Having run a Netware server at our company for 20 years we are now changing to Windows Server 2008 Standard. It is a bit of a struggle to understand the Share / NTFS permissions thing but I think I am getting a handle on it. What I can't figure out is this: How do I keep users who don't have permissions to certain folders from even seeing those folders on our server? When they get a directory it should only show the folders they can actually access. My structure is simple. I have several groups and each group is given appropriate access to whatever folders at the root they need access to. Then I have users assigned to those groups. This works fine. The different users can only get into the folders they should be able to. But they can see the other folders. I have the Users group assigned Full access to the root volume.
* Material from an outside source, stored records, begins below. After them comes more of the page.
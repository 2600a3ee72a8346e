//! The cubes of a check, and the joining of the clauses that close them.
//!
//! Some variables split all assignments into cubes: a cube has a literal of each, and every assignment makes all literals
//! of exactly one cube true (`cubes_split_all`). A clause closes a cube where it has only opposites of the cube's literals
//! and of literals that the check assumes. From a clause that closes each cube `join` resolves, variable by variable, a
//! clause of opposites of assumed literals alone, and adds each resolvent to the log as a chain of hints. The crate stands
//! on `proof_log`, `hint_chain`, `smt_terms` and `cnf_base`.
#![tactic(auto)]

mod joining;
mod laws;
mod resolvent;
mod tree;

pub use joining::join;
pub use laws::cubes_split_all;
pub use tree::Tree;

#[cfg(test)]
mod tests;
I found if I didn't do that then they can't access the volume at all even if they had some kind of permissions on a folder within the volume. I removed Users from each of the root folder permissions, turned off inheritance, and added my individual groups to each root folder. Also, only the root volume has Sharing on. Please correct my configuration or describe the best way to set this up. Regards, Jim

What I can't figure out is this: How do I keep users who don't have permissions to certain folders from even seeing those folders on our server? When they get a directory it should only show the folders they can actually access.Hello Jiim,By default users will see all shares/folders eventhough they don't have the proper permissions to access it.To keep users from users from seeing folders that there aren't supposed to see, you will use Access Based Enumeration (ABE). You can enable it by opening the Share and Storage Management MMC to view your list of shares, open the properties for the target share, click Advanced and add the tick to Enable access-based enumeration.Isaac Oben MCITP:EA, MCSE

Hi, As Isaac explained, Access-based Enumeration is our solution. Please refer to the following article to configure Windows Server 2008. How to enable Access-based Enumeration for a Distributed File System (DFS) share in Windows Server 2008 http://support.microsoft.com/kb/961658 Please also refer to the following articles to get more information about NTFS: Best Practices for Securing Files with NTFS Permissions http://technet.microsoft.com/en-us/library/cc782737(WS.10).aspx Share and NTFS Permissions on a File Server http://technet.microsoft.com/en-us/library/cc754178.aspx Thanks.This posting is provided "AS IS" with no warranties, and confers no rights.

Thanks for the great, simple, answer. That did the trick. I knew it would be something simple, if not that obvious. Jim

I can't tag an answer. Would anybody be so kind as to do ? ShemsInformation is the most valuable commodity I know off.